I suspect that the number of people interested in writing software
documentation is fairly small: they have to have enough knowledge of software
engineering to be able to understand what they are writing about, and they
have to be good writers. Anyone could learn software development, but not
everyone does. And anyone could learn how to write well, but not everyone
does. So the set of people who learn both is even smaller.

On commercial software engineering projects, my experience is that
documentation of any sort is made as much of an afterthought as possible, if
even that. Unless there's some business case (i.e., obvious money) that comes
from spending time on documentation, then it doesn't make it very high on the
priority list. Which is unfortunate, because as a software developer, I've
wasted a lot of time figuring things out that should have been documented. So
money can be saved later on, even if no money is "earned" up front.
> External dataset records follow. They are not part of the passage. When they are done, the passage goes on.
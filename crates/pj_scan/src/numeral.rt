//! Decimal numbers below 2 ^ 32: their digits and their values.

ghost use Rattle.std.specs.Prelude.{◌≡◌, ◌↔◌, ℕ, ◌<◌, ◌^◌, Some, IsTrue, length, slice_index, decimal};
ghost use Rattle.std.specs.Char.{is_ascii_digit};
ghost use Rattle.std.specs.List.{AllPass, prefix_len, take_while};

/// The digits at the front.
pub fn leading_digits(bytes: &[u8]) -> &[u8]
    ensures { result.now ≡ take_while is_ascii_digit bytes.now }
{
    &bytes[..digit_count(bytes)]
}

/// How many digits stand at the front.
fn digit_count(bytes: &[u8]) -> usize
    ensures { result ≡ prefix_len is_ascii_digit bytes.now }
{
    bytes
        .iter()
        .take_while(|byte| byte.is_ascii_digit())
        .count()
}

/// The number below 2 ^ 32 that these digits write, or `None` where they are none, too many, or
/// begin with a zero that says nothing.
pub fn number_of(digits: &[u8]) -> Option<u32>
    requires { AllPass is_ascii_digit digits.now }
    ensures { (n : ℕ) → (result ≡ Some n) ↔ ((n < 2 ^ 32) × (digits.now ≡ decimal n)) }
{
    if has_leading_zero(digits) {
        return None;
    }
    str::from_utf8(digits).ok()?.parse().ok()
}

fn has_leading_zero(digits: &[u8]) -> bool
    ensures { IsTrue result ↔ ((1 < length digits.now) × (slice_index digits.now 0 ≡ 48)) }
{
    matches!(digits, [b'0', _, ..])
}
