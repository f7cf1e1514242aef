//! Classes and orders of small graphs, and what they join across inner numbers.

use pj_reach::{Reached, across, close};
use std::alloc::{AllocError, Global};

/// The class of each number, the classes that are cyclic, and the pairs of the order.
fn classes(alloc: Global, reached: &Reached) -> Result<String, AllocError> {
    let mut told = format!(in alloc; "{} classes:", reached.classes())?;
    for at in 0..reached.size() {
        told.push_str(format!(in alloc; " {}", reached.class_of(at))?.as_str())?;
    }
    told.push_str("; cyclic:")?;
    for class in 0..reached.classes() {
        if reached.cyclic(class) {
            told.push_str(format!(in alloc; " {class}")?.as_str())?;
        }
    }
    told.push_str("; before:")?;
    let before = reached.before();
    for x in 0..before.size() {
        for y in 0..before.size() {
            if before.get(x, y) {
                told.push_str(format!(in alloc; " {x}-{y}")?.as_str())?;
            }
        }
    }
    Ok(told)
}

/// What the closure of a graph on the numbers below `size` shows.
fn closed(alloc: Global, size: u32, edges: &[(u32, u32)]) -> Option<String> {
    if !edges.iter().all(|edge| edge.0 < size && edge.1 < size) {
        return None;
    }
    classes(alloc, &close(alloc, size, edges).ok()?).ok()
}

/// How many classes a path through 16,384 numbers has.
fn path(alloc: Global) -> Option<u32> {
    let mut edges = Vec::new(alloc);
    for at in 0..16_383u32 {
        edges.push((at + 1, at)).ok()?;
    }
    if !edges.iter().all(|edge| edge.0 < 16_384 && edge.1 < 16_384) {
        return None;
    }
    Some(close(alloc, 16_384, &edges).ok()?.classes())
}

/// The pairs that a graph joins across inner numbers, in their order.
fn joined(alloc: Global, edges: &[(u32, u32)], inner: &[bool]) -> Option<Vec<(u32, u32)>> {
    if inner.len() > 100 {
        return None;
    }
    let size = inner.len() as u32;
    if !edges.iter().all(|edge| edge.0 < size && edge.1 < size) {
        return None;
    }
    let mut pairs = across(alloc, size, edges, inner).ok()?;
    pairs.sort().ok()?;
    Some(pairs)
}

/// A line for each closure.
fn closed_lines(alloc: Global) -> Option<String> {
    let cycle = closed(alloc, 3, &[(0, 1), (1, 0), (1, 2)])?;
    let twice = closed(alloc, 5, &[(4, 3), (0, 0), (3, 2), (2, 0), (2, 4), (4, 3)])?;
    let none = closed(alloc, 0, &[])?;
    let looped = closed(alloc, 1, &[(0, 0)])?;
    format!(in alloc; "{cycle}\n{twice}\n{none}\n{looped}\n").ok()
}

/// A line of the pairs that are joined.
fn joined_line(alloc: Global) -> Option<String> {
    let inner = [false, true, true, false];
    let row = joined(alloc, &[(0, 1), (1, 2), (2, 3)], &inner)?;
    let ring = joined(alloc, &[(0, 1), (1, 2), (2, 1), (2, 3), (3, 3)], &inner)?;
    let shared = joined(
        alloc,
        &[(0, 1), (3, 1), (1, 2)],
        &[false, true, false, false],
    )?;
    let back = joined(alloc, &[(0, 1), (1, 0)], &[true, false])?;
    format!(in alloc; "{row:?} {ring:?} {shared:?} {back:?}").ok()
}

/// What each of them shows, a line for each.
pub fn told(alloc: Global) -> Option<String> {
    let closed = closed_lines(alloc)?;
    let path = path(alloc)?;
    let joined = joined_line(alloc)?;
    format!(in alloc; "{closed}{path} classes\n{joined}").ok()
}
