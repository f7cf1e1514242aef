//! Bytes that are read from the front: lines, words, decimal numbers, and pieces of a given length.
//!
//! Contract: what a call of `Scan` gives stood at the front of what was left, and just that is passed over; `None` comes
//! exactly where nothing of the kind stands there, and leaves the scan as it was.
//! Cost: a call looks at the bytes that it passes over, and takes no memory.
//! Used by: `pj_text`, `pj_wire`, `pj_words`, `bench_apply`, `bench_repo`, and all programs of cases and rows but
//! `session_cases`.

#![tactic(auto)]

mod numeral;
mod scan;

pub use scan::Scan;

#[cfg(test)]
mod tests;
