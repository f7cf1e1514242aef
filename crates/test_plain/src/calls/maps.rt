//! Maps from keys of two parts to values with an owner in them.

ghost use Rattle.std.specs.Prelude.{◌≡◌, ◌<◌};

use pj_pmap::{Memory, PMap, Share, Steps};
use std::alloc::{AllocError, Global};
use std::marker::Brand;
use std::sync::Arc;
use std::sync::ledger::{Blank, Ledger};

/// A key of two parts.
#[derive(Clone, Copy, Debug, PartialEq, Eq, PartialOrd, Ord)]
pub struct Place {
    file: u32,
    offset: u32,
}

impl Share for Place {
    ghost shown = { λ p. p };

    fn share(&self) -> Result<Place, Memory> {
        Ok(*self)
    }
}

/// A value with an owner in it.
#[derive(Drop)]
pub struct Row {
    text: Arc<u64>,
    length: u32,
}

impl Share for Row {
    ghost use Rattle.std.specs.Ptr.{null_ptr};
    ghost use Rattle.std.specs.Arc.{arc_value};

    ghost shown = { λ r. record r { text = record { ptr = null_ptr; value = arc_value r.text } } };

    fn share(&self) -> Result<Row, Memory> {
        Ok(Row {
            text: self.text.share()?,
            length: self.length,
        })
    }
}

fn place_at(offset: u32) -> Place {
    Place { file: 1, offset }
}

fn row_of(alloc: Global, length: u32) -> Result<Row, AllocError> {
    Ok(Row {
        text: Arc::new(alloc, 7)?,
        length,
    })
}

/// The length of a row, or 0 where there is none.
fn length_of(row: Option<&Row>) -> u32 {
    match row {
        Some(row) => row.length,
        None => 0,
    }
}

/// The length of a pair's row, or 0 where there is none.
fn length_in(pair: Option<(&Place, &Row)>) -> u32 {
    match pair {
        Some((_, row)) => row.length,
        None => 0,
    }
}

/// How many pairs there are, and the lengths at 1, at or below 1, and above 0.
fn lengths(map: &PMap<Place, Row>) -> [u128; 4] {
    [
        map.len(),
        u128::from(length_of(map.get(&place_at(1)))),
        u128::from(length_in(map.floor(&place_at(1)))),
        u128::from(length_in(map.next_after(&place_at(0)))),
    ]
}

/// A share through the trait alone.
fn shared<S: Share>(value: &S) -> Result<S, Memory> {
    value.share()
}

/// The rows of 10, 11 and 12 at 0, 1 and 2.
fn three_rows<L: Ledger>(alloc: Global, steps: &mut Steps<L>) -> Result<PMap<Place, Row>, Memory> {
    let mut map = PMap::empty();
    for offset in 0..3 {
        map = map.into_with(alloc, place_at(offset), row_of(alloc, offset + 10)?, steps)?;
    }
    Ok(map)
}

/// The lengths of three rows; then with 99 at 1; then without it; and then without the row at 0.
fn worked<L: Ledger>(alloc: Global, blank: Blank) -> Result<[[u128; 4]; 4], Memory>
    requires name { blank.name ≡ L.name }
    requires parts { blank.parts ≡ L.parts }
    requires some { 0 < blank.parts }
{
    let mut steps = Steps::<L>::new(blank);
    let three = three_rows(alloc, &mut steps)?;
    let changed = three.with(alloc, place_at(1), row_of(alloc, 99)?, &mut steps)?;
    let fewer = changed.without(alloc, &place_at(1), &mut steps)?;
    let last = shared(&fewer)?.into_without(alloc, &place_at(0), &mut steps)?;
    Ok([
        lengths(&three),
        lengths(&changed),
        lengths(&fewer),
        lengths(&last),
    ])
}

/// What the maps show, a line for each.
pub fn told(alloc: Global) -> Result<String, Memory> {
    let [three, changed, fewer, last] = worked::<Brand>(alloc, Blank::new(1))?;
    let empty = PMap::<Place, Row>::empty().is_empty();
    let told = format!(in alloc; "{three:?}\n{changed:?}\n{fewer:?}\n{last:?}\n{empty}")?;
    Ok(told)
}
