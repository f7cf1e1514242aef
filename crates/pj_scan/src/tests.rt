//! Which numbers, lines, words and pieces are found in worked cases, and that a line is kept while the scan goes on.

use crate::Scan;

fn number(text: &[u8]) -> Option<u32> {
    Scan::new(text).number()
}

#[test]
fn numbers_below_two_to_the_32_without_leading_zeros(rt: HostRuntime) {
    assert_eq!(rt; number(b"0"), Some(0));
    assert_eq!(rt; number(b"17."), Some(17));
    assert_eq!(rt; number(b"4294967295 "), Some(4_294_967_295));
    assert_eq!(rt; number(b"4294967296"), None);
    assert_eq!(rt; number(b"1000000000000000000000000000000000000000"), None);
    assert_eq!(rt; number(b"00"), None);
    assert_eq!(rt; number(b"01"), None);
    assert_eq!(rt; number(b"+1"), None);
    assert_eq!(rt; number(b""), None);
}

/// The first two lines, of which one is kept while the other is read.
fn two_lines<'a>(scan: &mut Scan<'a>) -> Option<(&'a [u8], &'a [u8])> {
    let first = scan.line()?;
    let second = scan.line()?;
    Some((first, second))
}

#[test]
fn lines_are_kept_while_the_scan_goes_on(rt: HostRuntime) {
    let mut scan = Scan::new(b"one\n\nthree");
    let (first, second) = two_lines(&mut scan).expect(&rt, "two lines");
    assert_eq!(rt; first, b"one".as_slice());
    assert!(rt; second.is_empty());
    assert_eq!(rt; scan.place(), 5);
    assert!(rt; scan.line().is_none());
    assert_eq!(rt; scan.rest(), b"three".as_slice());
}

#[test]
fn a_word_ends_before_a_space_or_a_newline(rt: HostRuntime) {
    let mut scan = Scan::new(b"put main\n");
    assert_eq!(rt; scan.word(), Some(b"put".as_slice()));
    assert!(rt; scan.word().is_none());
    assert_eq!(rt; scan.bytes(1), Some(b" ".as_slice()));
    assert_eq!(rt; scan.word(), Some(b"main".as_slice()));
    assert_eq!(rt; scan.rest(), b"\n".as_slice());
}

#[test]
fn fewer_bytes_than_wanted(rt: HostRuntime) {
    let mut scan = Scan::new(b"abc");
    assert!(rt; scan.bytes(4).is_none());
    assert_eq!(rt; scan.bytes(3), Some(b"abc".as_slice()));
    assert_eq!(rt; scan.place(), 3);
}
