//! What is timed: putting pairs into maps, looking them up and taking them out.

ghost use Rattle.std.specs.Prelude.{◌≡◌};

use crate::map::key::{Key, Number, key_of};
use pj_pmap::{Memory, PMap, Steps};
use std::alloc::Global;
use std::sync::ledger::Ledger;

/// A map from keys to numbers.
pub type Map = PMap<Key, Number>;

/// As many maps as asked, each with the keys of the numbers from 0 up to `pairs`.
pub fn build<L: Ledger>(
    alloc: Global,
    count: u32,
    pairs: u64,
    steps: &mut Steps<L>,
) -> Result<Vec<Map>, Memory> {
    let mut maps = Vec::new(alloc);
    for _ in 0..count {
        let mut map = PMap::empty();
        for number in 0..pairs {
            map = map.with(alloc, key_of(number), Number { number }, steps)?;
        }
        maps.push(map)?;
    }
    Ok(maps)
}

/// How many keys of the numbers from `start` up to `end` the maps have.
pub fn look_up(maps: &[Map], start: u64, end: u64) -> u64 {
    let mut found = 0u64;
    for map in maps {
        for number in start..end {
            if let Some(kept) = map.get(&key_of(number)) {
                found = found.wrapping_add(u64::from(kept.number == number));
            }
        }
    }
    found
}

/// Puts the keys of the numbers from `start` up to `end` into each map.
pub fn put<L: Ledger>(
    alloc: Global,
    maps: &mut [Map],
    start: u64,
    end: u64,
    steps: &mut Steps<L>,
) -> Result<(), Memory> {
    for map in maps {
        for number in start..end {
            *map = map.with(alloc, key_of(number), Number { number }, steps)?;
        }
    }
    Ok(())
}

/// Takes them out again.
pub fn take_out<L: Ledger>(
    alloc: Global,
    maps: &mut [Map],
    start: u64,
    end: u64,
    steps: &mut Steps<L>,
) -> Result<(), Memory> {
    for map in maps {
        for number in start..end {
            *map = map.without(alloc, &key_of(number), steps)?;
        }
    }
    Ok(())
}
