//! Trees with and without a name and an inode.

ghost use Rattle.std.specs.Prelude.{◌≡◌, ◌<◌};

use pj_change::{Bytes, Place, Point};
use pj_name::Name;
use pj_pmap::{Memory, Steps};
use pj_tree::{NameRow, Tree};
use std::alloc::{AllocError, Global};
use std::marker::Brand;
use std::sync::ledger::{Blank, Ledger};

fn point(offset: u32) -> Point {
    Point {
        change: Name::least(),
        offset,
    }
}

/// A name in the root.
fn row(alloc: Global) -> Result<NameRow, AllocError> {
    Ok(NameRow {
        parent: Place::Root,
        name: Bytes::of(Vec::from_slice(alloc, b"a")?),
        child: point(1),
        at: point(0),
        dir: false,
        exec: false,
    })
}

fn named<L: Ledger>(alloc: Global, steps: &mut Steps<L>) -> Result<Tree, Memory> {
    let bare = Tree::empty().with_inode(alloc, point(1), false, steps)?;
    bare.with(alloc, row(alloc)?, steps)
}

fn unnamed<L: Ledger>(alloc: Global, tree: &Tree, steps: &mut Steps<L>) -> Result<Tree, Memory> {
    let bare = tree.without(alloc, &row(alloc)?, steps)?;
    bare.without_inode(alloc, point(1), steps)
}

fn changed<L: Ledger>(alloc: Global, blank: Blank) -> Result<(), Memory>
    requires name { blank.name ≡ L.name }
    requires parts { blank.parts ≡ L.parts }
    requires some { 0 < blank.parts }
{
    let mut steps = Steps::<L>::new(blank);
    let tree = named(alloc, &mut steps)?;
    let other = tree.share()?;
    unnamed(alloc, &other, &mut steps)?;
    Ok(())
}

/// A tree with a name and its inode, and then without them.
pub fn made(alloc: Global) -> Result<(), Memory> {
    changed::<Brand>(alloc, Blank::new(1))
}
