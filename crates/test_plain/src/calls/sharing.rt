//! Types whose values are moved to and shared with other threads.

use crate::calls::maps::{Place, Row};
use pj_change::{Graph, Record, Walk};
use pj_pmap::PMap;

fn crosses_threads<T: Send + Sync>() {}

/// Nothing runs: that this is proved tells that each of them may cross.
pub fn cross_threads() {
    crosses_threads::<Record>();
    crosses_threads::<Graph>();
    crosses_threads::<Walk>();
    crosses_threads::<PMap<Place, Row>>();
}
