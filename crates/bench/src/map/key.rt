//! What the maps have: keys of 40 bytes, and numbers under them.

ghost use Rattle.std.specs.Prelude.{◌≡◌};

use pj_pmap::{Memory, Share};

/// A key of 40 bytes.
#[derive(Clone, Copy, PartialEq, Eq, PartialOrd, Ord)]
pub struct Key {
    words: [u64; 5],
}

impl Share for Key {
    ghost shown = { λ k. k };

    fn share(&self) -> Result<Key, Memory> {
        Ok(*self)
    }
}

/// A number to be kept under a key.
#[derive(Clone, Copy)]
pub struct Number {
    pub number: u64,
}

impl Share for Number {
    ghost shown = { λ n. n };

    fn share(&self) -> Result<Number, Memory> {
        Ok(*self)
    }
}

/// The key of a number: its bits spread over all 64 by odd factors and shifts, so that keys of rising numbers have no order.
pub fn key_of(number: u64) -> Key {
    let mut word = number.wrapping_mul(0x9E37_79B9_7F4A_7C15);
    word ^= word >> 32;
    word = word.wrapping_mul(0xD6E8_FEB8_6659_FD93);
    Key {
        words: [word, number, word, number, word],
    }
}
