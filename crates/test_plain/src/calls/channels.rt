//! A run of operations on a channel.

use pj_change::{Applied, Operation, Record};
use pj_name::Name;
use pj_plain::{PlainChannel, Replayed, have_one_text, replay};
use pj_text::read_record;
use std::alloc::Global;
use std::sync::Arc;

/// A file of six bytes.
const FILE: &[u8] =
    b"pijul change 1\nmessage A\nauthor ann\ntime 1\nfile root a.txt\ninsert 0.1 after 0.1 before - 6\none\ntw\nend\n";

/// It inserts four bytes in the middle of them.
const LEFT: &[u8] =
    b"pijul change 1\nmessage B\nauthor ann\ntime 1\nneeds 4fdb5ea24421e6566f44e8d89fdde3a1c382dbec6da2808f7c88bcaf8b62d12e\ninsert 1.1 after 1.5 before 1.6 4\nBBB\n\nend\n";

/// So does this.
const RIGHT: &[u8] =
    b"pijul change 1\nmessage C\nauthor ann\ntime 1\nneeds 4fdb5ea24421e6566f44e8d89fdde3a1c382dbec6da2808f7c88bcaf8b62d12e\ninsert 1.1 after 1.5 before 1.6 4\nCCC\n\nend\n";

fn record(alloc: Global, text: &[u8]) -> Option<Arc<Record>> {
    Arc::new(alloc, read_record(alloc, text).ok()?).ok()
}

/// The channel with the change of this text.
fn with(alloc: Global, channel: &PlainChannel, text: &[u8]) -> Option<PlainChannel> {
    match channel.apply(alloc, &record(alloc, text)?) {
        Ok(Applied::New(after)) => Some(after),
        _ => None,
    }
}

/// The name of a text.
fn name(alloc: Global, text: &[u8]) -> Option<Name> {
    Some(record(alloc, text)?.name)
}

/// What the operations leave, where they bring one text per name.
fn replayed(alloc: Global, operations: &[Operation<PlainChannel>]) -> Option<Replayed> {
    if !have_one_text(operations) {
        return None;
    }
    replay(alloc, operations, 16_384).ok()
}

/// A run that pulls the file and the right insertion, applies the left one, and uproots the right one. The first application
/// is refused, since the file is not there, and so is the unrecord of the file, which two changes need.
fn run(alloc: Global) -> Option<Replayed> {
    let other = with(alloc, &PlainChannel::empty(alloc).ok()?, FILE)?;
    let other = with(alloc, &other, RIGHT)?;
    let operations = [
        Operation::Apply(record(alloc, LEFT)?),
        Operation::Pull(other),
        Operation::Apply(record(alloc, LEFT)?),
        Operation::Unrecord(name(alloc, FILE)?),
        Operation::Uproot(name(alloc, RIGHT)?),
    ];
    replayed(alloc, &operations)
}

/// Appends ASCII bytes to a text.
fn add(told: &mut String, bytes: &[u8]) -> Option<()> {
    for byte in bytes {
        told.push(*byte as char).ok()?;
    }
    Some(())
}

/// How many vertices and edges the run leaves, the names in the log, and the print.
pub fn told(alloc: Global) -> Option<String> {
    let left = run(alloc)?;
    let vertices = left.graph.vertices.items().len();
    let edges = left.graph.edges.items().len();
    let mut told = format!(in alloc; "{vertices} vertices, {edges} edges\n").ok()?;
    for name in left.log.items() {
        add(&mut told, &name.hex())?;
        add(&mut told, b"\n")?;
    }
    match &left.print {
        Ok(print) => add(&mut told, print.items())?,
        Err(_) => return None,
    }
    Some(told)
}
For free / open source projects, the story may be different. There's not
necessarily paid engineering staff involved, so if documentation doesn't get
written, I can only presume that the developers either didn't want to, didn't
know they should, or felt incapable of writing it. I find it hard to imagine
taking a principled stand against having good documentation.

BUT... in my anecdotal experience, I've encountered volunteer open source
software developers who in fact did seem resistant to accepting offers of
volunteer help with documentation. So I'm not really sure what's up with that.

------
will118
I didn't think this article was very good at all, I've read all this before.

These are just Stallman's exact ideas rehashed under hotwords like Snowden &
SaaS...

I'd usually try not to whine but I'm not even sure if the quotes they use are
from the talk or from years ago.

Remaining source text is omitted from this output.